=== Section Start ===
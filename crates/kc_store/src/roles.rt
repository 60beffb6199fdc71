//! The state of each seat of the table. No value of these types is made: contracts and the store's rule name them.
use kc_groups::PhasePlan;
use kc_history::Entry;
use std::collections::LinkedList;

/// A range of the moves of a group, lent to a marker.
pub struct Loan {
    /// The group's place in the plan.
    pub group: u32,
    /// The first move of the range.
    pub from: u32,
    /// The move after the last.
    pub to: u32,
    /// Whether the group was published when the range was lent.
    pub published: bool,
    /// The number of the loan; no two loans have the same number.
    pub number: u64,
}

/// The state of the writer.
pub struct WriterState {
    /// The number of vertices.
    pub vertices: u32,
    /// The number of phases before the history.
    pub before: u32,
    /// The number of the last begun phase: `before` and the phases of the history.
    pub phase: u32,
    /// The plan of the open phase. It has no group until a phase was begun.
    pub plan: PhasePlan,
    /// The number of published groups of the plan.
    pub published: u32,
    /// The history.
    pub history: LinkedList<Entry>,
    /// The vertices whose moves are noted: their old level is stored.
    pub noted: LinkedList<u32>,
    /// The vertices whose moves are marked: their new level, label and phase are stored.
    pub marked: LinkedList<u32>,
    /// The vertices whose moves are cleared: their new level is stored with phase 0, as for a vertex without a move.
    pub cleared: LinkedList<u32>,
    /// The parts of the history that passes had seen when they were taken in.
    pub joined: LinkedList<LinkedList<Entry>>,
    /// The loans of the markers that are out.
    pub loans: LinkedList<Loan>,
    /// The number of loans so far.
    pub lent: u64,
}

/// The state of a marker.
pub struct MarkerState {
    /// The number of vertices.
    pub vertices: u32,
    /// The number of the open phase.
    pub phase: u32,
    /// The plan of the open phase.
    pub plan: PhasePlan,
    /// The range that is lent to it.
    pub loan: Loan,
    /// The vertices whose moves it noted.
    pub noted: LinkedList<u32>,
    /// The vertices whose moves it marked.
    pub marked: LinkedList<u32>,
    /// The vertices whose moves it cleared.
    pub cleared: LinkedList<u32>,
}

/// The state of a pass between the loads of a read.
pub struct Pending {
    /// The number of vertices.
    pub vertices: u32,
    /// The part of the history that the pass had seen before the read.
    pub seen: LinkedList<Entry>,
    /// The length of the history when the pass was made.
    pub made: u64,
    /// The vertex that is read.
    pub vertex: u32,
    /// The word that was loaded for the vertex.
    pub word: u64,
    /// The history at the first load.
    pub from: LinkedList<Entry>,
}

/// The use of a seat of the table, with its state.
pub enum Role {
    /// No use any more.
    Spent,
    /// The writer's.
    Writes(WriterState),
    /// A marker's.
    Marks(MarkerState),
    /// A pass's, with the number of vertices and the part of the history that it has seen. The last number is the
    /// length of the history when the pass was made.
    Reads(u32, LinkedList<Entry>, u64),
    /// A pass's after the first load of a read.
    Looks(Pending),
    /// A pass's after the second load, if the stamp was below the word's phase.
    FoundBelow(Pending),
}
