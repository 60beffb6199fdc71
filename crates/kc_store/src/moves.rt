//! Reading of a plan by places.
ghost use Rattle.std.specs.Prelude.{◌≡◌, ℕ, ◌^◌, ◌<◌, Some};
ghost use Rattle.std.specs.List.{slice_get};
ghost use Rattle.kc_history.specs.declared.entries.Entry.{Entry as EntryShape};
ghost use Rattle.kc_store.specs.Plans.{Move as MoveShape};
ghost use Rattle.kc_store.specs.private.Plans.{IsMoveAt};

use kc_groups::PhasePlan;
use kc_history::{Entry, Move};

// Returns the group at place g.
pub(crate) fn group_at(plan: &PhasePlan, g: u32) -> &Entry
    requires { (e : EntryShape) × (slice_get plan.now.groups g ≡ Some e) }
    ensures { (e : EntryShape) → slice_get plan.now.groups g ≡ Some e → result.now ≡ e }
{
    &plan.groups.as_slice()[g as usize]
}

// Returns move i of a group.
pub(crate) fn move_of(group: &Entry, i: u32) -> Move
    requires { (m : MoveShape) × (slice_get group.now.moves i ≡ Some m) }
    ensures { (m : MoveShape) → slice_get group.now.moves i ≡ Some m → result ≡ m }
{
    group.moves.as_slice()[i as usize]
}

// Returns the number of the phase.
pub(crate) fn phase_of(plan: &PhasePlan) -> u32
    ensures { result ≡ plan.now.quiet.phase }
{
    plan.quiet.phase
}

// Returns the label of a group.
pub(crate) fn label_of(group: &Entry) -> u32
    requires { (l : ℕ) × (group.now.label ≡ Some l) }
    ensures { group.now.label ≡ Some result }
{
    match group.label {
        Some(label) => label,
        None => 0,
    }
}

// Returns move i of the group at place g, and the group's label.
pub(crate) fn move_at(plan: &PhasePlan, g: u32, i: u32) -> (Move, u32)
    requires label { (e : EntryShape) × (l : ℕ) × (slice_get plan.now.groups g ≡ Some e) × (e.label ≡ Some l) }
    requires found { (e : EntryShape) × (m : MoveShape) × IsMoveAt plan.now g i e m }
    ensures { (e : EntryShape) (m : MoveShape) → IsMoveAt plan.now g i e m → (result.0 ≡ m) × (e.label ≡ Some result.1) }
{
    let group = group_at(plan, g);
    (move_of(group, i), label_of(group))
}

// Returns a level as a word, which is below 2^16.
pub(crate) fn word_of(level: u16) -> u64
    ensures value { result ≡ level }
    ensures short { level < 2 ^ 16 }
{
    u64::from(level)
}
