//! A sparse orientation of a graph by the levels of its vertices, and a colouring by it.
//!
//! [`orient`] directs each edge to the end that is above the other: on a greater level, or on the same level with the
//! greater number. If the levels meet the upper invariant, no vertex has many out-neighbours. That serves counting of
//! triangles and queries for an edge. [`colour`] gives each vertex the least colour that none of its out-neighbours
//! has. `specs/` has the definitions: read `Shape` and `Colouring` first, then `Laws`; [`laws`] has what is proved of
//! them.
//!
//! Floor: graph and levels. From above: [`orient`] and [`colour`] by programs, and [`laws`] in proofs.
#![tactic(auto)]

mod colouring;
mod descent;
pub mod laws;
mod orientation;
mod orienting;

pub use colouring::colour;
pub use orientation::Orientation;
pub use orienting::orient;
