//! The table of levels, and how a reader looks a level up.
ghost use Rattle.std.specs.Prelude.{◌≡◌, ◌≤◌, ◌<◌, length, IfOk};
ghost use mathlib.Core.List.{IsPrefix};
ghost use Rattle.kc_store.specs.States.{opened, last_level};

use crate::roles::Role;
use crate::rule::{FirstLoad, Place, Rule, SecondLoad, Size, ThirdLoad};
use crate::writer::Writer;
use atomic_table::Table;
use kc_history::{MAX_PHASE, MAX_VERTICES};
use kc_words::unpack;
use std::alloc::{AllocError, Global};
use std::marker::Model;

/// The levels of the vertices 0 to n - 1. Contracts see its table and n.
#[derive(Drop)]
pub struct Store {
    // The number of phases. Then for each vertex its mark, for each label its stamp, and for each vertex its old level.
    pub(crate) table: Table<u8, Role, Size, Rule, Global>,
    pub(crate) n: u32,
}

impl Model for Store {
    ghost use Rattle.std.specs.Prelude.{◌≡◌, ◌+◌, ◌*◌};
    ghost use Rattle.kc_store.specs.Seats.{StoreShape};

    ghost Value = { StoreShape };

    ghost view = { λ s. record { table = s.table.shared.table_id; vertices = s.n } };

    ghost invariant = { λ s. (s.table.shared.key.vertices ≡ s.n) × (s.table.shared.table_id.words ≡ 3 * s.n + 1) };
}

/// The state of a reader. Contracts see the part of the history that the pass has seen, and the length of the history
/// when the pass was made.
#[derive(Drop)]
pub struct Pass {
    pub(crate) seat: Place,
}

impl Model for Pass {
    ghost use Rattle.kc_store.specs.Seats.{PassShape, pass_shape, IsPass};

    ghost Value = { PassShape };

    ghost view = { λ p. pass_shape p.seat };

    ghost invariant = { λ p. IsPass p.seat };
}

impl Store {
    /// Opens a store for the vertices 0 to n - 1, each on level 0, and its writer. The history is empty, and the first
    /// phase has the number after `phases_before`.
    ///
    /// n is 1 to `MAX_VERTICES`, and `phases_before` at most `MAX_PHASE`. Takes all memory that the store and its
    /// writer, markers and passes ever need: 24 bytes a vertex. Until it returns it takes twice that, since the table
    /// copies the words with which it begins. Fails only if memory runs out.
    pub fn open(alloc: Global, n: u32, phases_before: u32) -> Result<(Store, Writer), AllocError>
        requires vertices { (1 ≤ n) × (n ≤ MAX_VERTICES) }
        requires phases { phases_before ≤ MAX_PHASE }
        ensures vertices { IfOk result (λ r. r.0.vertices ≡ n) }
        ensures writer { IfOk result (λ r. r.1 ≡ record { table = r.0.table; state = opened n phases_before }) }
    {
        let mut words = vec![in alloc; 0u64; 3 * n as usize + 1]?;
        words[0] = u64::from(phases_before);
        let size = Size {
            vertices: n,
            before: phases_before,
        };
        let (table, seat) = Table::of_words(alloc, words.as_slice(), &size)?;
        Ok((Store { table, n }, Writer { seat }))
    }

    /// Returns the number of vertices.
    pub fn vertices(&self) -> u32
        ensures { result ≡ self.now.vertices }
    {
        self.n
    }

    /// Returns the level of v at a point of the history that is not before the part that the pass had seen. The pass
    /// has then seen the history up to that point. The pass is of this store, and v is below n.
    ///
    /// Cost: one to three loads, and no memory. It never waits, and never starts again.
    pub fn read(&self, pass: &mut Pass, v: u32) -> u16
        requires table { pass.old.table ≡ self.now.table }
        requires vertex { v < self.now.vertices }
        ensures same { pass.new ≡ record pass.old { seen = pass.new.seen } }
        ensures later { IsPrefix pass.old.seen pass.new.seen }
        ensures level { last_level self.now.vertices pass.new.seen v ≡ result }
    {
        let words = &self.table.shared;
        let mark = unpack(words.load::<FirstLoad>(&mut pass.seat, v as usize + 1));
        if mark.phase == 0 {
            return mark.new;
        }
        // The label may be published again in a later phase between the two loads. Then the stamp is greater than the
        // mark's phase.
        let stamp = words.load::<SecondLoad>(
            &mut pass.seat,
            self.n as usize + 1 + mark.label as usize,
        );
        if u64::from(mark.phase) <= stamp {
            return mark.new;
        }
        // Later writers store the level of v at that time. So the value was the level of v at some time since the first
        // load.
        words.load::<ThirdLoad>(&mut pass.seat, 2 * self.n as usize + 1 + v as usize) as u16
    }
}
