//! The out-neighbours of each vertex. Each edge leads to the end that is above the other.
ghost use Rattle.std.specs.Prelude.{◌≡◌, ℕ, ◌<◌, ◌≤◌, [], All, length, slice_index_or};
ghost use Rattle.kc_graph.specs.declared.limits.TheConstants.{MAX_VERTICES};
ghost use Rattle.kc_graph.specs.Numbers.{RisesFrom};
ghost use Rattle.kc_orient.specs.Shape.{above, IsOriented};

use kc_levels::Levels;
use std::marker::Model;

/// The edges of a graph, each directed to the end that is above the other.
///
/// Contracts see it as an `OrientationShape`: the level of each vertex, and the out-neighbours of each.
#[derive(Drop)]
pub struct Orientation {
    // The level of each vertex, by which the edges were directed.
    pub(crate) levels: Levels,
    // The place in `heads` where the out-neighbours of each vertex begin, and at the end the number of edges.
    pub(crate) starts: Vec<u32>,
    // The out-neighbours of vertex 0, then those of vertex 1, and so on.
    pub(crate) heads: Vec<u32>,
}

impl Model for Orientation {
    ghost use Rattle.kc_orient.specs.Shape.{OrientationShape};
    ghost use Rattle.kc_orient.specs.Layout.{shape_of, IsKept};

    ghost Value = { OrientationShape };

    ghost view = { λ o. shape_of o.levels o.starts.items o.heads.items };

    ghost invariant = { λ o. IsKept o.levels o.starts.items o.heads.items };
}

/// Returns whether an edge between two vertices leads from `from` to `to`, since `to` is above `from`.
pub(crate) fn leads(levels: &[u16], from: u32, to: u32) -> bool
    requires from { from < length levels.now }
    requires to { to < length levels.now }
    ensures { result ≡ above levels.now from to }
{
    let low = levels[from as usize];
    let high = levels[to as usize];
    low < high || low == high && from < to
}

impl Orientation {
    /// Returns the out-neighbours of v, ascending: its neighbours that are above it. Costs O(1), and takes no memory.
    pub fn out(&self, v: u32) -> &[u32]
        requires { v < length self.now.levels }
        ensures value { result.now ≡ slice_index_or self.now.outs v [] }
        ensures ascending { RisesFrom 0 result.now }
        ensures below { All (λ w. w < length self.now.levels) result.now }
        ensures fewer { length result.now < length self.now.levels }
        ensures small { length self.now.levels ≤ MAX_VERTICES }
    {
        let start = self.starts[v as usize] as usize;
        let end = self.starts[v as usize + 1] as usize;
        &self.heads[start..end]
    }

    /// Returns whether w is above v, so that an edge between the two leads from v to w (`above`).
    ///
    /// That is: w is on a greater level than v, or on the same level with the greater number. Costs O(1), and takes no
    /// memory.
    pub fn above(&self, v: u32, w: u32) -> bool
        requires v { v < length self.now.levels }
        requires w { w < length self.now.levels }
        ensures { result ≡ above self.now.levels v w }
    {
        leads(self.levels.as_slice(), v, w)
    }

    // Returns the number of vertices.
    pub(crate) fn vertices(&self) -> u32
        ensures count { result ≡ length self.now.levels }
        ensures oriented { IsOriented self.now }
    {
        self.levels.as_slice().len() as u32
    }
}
=== Section End ===
=== Section Start ===
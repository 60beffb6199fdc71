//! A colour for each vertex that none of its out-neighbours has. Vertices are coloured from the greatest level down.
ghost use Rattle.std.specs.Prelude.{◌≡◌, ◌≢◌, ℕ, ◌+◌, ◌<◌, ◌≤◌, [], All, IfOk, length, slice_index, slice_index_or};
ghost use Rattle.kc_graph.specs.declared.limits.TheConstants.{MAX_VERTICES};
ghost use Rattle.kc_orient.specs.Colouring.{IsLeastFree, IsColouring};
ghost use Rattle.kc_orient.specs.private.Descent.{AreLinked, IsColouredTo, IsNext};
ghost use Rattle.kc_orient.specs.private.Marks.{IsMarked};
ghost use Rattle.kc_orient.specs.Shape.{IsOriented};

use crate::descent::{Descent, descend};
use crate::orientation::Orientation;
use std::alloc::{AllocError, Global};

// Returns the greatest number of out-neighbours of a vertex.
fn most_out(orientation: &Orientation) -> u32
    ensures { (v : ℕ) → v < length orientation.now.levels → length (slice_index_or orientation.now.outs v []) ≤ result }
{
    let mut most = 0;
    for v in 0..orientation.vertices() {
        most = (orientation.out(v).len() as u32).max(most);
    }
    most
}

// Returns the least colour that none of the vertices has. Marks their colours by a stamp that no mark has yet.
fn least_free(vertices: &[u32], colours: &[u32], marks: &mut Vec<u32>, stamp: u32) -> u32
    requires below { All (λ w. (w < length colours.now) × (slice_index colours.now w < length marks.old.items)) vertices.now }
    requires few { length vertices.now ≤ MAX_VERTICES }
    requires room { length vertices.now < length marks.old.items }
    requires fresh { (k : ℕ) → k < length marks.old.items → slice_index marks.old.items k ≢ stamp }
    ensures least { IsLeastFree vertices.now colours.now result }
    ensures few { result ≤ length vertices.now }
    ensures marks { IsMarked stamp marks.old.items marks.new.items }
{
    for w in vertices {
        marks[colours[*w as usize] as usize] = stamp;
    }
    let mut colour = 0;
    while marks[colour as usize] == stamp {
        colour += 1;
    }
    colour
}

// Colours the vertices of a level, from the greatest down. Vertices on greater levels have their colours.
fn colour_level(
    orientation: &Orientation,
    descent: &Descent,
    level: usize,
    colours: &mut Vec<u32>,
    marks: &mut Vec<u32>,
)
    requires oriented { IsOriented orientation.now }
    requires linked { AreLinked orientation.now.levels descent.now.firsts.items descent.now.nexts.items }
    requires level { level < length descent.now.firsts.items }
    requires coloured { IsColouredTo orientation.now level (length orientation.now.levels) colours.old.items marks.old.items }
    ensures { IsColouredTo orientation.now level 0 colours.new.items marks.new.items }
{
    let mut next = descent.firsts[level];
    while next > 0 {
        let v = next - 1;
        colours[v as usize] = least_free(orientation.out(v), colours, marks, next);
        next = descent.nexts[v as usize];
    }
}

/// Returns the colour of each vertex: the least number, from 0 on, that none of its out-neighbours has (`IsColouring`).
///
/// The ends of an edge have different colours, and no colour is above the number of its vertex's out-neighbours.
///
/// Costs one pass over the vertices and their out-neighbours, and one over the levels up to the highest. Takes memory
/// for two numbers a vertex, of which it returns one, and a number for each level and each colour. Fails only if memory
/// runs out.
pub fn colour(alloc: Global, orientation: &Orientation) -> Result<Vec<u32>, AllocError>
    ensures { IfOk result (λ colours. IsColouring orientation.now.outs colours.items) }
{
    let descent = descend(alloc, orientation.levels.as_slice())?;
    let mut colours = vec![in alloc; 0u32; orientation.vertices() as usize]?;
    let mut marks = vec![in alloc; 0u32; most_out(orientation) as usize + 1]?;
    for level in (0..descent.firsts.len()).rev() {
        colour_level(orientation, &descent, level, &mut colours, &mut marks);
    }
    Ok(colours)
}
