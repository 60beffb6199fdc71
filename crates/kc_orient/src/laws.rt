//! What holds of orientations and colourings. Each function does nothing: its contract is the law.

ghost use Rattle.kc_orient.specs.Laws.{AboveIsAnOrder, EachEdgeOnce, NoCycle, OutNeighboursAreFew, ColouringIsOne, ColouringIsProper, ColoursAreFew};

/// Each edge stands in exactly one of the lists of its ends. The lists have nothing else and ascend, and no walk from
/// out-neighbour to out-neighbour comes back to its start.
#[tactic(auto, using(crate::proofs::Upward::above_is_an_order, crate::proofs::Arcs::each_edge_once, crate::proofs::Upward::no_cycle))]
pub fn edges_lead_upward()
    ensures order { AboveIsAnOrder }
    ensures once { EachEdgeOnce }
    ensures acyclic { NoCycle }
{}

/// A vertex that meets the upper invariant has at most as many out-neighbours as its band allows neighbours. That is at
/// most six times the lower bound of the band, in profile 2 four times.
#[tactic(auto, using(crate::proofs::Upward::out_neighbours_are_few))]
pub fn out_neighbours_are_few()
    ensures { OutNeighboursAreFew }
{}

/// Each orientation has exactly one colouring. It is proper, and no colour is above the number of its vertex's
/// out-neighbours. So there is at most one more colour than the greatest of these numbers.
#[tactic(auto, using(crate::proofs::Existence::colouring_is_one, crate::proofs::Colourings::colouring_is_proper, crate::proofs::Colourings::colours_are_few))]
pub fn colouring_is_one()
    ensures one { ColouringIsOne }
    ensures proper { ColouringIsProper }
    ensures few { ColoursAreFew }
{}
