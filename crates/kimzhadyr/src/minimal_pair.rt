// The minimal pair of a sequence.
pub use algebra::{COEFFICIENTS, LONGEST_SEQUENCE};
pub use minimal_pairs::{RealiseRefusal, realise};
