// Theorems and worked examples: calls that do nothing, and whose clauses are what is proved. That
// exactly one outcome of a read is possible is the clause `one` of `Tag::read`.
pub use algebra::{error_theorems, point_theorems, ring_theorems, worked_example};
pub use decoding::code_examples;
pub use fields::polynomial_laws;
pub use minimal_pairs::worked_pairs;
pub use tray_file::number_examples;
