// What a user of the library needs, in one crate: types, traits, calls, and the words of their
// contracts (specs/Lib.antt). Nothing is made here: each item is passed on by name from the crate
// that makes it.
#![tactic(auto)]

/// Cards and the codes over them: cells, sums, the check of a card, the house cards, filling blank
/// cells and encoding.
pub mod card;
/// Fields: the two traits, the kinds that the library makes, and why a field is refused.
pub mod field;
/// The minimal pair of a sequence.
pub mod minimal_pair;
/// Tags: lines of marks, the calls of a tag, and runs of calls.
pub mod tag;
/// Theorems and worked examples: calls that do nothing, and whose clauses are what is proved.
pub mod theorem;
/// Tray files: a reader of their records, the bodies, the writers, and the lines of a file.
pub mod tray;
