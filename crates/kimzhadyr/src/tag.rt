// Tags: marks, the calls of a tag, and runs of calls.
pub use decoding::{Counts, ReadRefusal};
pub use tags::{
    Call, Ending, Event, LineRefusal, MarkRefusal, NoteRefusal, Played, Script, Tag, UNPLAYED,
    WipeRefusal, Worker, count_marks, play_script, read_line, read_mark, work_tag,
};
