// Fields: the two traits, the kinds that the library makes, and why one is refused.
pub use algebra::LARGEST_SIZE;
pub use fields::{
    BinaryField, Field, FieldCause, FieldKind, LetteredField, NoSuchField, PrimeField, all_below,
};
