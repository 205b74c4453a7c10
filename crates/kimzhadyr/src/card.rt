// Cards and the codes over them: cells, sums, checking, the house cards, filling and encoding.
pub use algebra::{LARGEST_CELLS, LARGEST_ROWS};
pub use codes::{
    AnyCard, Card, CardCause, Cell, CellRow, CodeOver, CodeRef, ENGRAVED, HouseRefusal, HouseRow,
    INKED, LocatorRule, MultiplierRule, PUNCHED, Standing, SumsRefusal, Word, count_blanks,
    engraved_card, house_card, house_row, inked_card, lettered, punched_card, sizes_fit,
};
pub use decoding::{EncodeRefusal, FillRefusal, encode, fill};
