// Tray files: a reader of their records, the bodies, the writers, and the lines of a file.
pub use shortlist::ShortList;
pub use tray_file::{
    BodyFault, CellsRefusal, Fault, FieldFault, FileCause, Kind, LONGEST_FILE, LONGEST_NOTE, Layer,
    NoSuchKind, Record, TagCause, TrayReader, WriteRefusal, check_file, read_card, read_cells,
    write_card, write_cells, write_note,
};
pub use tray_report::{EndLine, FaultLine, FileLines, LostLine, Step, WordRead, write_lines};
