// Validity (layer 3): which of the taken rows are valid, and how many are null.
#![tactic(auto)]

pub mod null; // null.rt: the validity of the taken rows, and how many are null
=== Section End ===
§ **Problem details**: Some lines above contain the word "IsPass". Copy each of them.

§ **Written response**:
    ghost use Rattle.kc_store.specs.Seats.{PassShape, pass_shape, IsPass};
    ghost invariant = { λ p. IsPass p.seat };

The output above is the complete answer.